## [TASK OBJECTIVE]
Below is a listing; restate from it, character for character, the lines beginning at the line holding "use box_model::StateBox;" and ending at the line holding "these ground actions.", both included.

------ RECORDED INFORMATION ------

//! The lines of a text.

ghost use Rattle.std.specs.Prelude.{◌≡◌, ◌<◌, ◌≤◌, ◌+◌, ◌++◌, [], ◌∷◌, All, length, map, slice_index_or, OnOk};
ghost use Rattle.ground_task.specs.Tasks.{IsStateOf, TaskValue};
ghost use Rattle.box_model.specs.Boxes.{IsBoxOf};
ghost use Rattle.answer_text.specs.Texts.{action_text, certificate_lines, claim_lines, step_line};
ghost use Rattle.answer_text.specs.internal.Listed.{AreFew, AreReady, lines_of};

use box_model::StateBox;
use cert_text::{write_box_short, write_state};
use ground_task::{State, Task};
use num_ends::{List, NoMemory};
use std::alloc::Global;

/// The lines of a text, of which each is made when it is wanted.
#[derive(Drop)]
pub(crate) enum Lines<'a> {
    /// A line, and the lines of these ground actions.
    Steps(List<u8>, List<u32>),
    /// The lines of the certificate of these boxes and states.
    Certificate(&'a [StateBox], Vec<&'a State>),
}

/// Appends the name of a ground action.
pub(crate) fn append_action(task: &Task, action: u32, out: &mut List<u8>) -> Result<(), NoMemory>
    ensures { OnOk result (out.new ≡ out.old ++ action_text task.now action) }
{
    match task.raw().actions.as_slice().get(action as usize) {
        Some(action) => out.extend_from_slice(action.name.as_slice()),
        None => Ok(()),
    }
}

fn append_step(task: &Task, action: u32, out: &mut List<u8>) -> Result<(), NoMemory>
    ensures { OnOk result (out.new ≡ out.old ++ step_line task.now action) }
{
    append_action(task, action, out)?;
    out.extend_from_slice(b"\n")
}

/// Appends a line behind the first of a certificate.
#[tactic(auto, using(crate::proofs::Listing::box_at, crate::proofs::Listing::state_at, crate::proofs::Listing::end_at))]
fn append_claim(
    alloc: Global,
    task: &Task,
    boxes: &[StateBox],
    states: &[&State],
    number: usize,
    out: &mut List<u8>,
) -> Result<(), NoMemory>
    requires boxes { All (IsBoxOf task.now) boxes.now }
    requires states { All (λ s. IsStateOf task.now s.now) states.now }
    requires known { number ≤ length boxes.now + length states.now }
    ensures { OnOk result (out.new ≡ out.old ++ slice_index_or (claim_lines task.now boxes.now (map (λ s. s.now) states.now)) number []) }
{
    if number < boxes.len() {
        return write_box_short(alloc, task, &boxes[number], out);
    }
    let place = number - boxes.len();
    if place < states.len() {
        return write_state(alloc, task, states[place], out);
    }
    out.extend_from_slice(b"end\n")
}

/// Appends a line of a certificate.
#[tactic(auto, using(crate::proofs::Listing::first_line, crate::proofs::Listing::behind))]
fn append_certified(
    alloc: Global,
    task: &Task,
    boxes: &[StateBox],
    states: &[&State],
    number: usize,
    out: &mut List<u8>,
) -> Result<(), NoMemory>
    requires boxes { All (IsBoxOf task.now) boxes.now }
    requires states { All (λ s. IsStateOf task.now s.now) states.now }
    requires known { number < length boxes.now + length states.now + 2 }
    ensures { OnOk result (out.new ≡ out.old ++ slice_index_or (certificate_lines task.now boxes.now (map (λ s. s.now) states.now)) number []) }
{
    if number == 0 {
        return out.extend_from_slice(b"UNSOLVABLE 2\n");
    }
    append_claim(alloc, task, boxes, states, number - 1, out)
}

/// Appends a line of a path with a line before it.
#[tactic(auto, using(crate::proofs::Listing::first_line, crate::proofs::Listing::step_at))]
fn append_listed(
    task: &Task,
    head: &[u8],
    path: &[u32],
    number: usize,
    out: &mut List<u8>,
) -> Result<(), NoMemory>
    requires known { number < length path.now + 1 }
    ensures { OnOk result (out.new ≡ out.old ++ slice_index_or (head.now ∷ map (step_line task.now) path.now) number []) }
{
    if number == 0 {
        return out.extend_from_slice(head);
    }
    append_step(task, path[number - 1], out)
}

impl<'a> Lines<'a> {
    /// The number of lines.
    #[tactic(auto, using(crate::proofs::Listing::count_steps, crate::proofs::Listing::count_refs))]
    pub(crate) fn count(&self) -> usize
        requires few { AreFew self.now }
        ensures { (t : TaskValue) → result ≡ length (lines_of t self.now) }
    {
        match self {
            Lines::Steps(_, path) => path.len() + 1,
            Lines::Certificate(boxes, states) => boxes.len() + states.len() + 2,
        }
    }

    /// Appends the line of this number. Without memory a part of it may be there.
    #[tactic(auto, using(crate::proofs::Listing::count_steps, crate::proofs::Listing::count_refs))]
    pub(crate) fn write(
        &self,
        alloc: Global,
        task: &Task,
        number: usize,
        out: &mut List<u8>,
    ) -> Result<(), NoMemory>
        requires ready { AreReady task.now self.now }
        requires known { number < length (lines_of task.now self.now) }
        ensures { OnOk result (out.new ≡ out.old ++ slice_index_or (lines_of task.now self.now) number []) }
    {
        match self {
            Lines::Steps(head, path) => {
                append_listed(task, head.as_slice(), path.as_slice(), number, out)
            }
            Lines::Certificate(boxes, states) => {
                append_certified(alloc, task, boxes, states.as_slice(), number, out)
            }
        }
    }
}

------

## [RESPONSE AREA]
use box_model::StateBox;
use cert_text::{write_box_short, write_state};
use ground_task::{State, Task};
use num_ends::{List, NoMemory};
use std::alloc::Global;

/// The lines of a text, of which each is made when it is wanted.
#[derive(Drop)]
pub(crate) enum Lines<'a> {
    /// A line, and the lines of these ground actions.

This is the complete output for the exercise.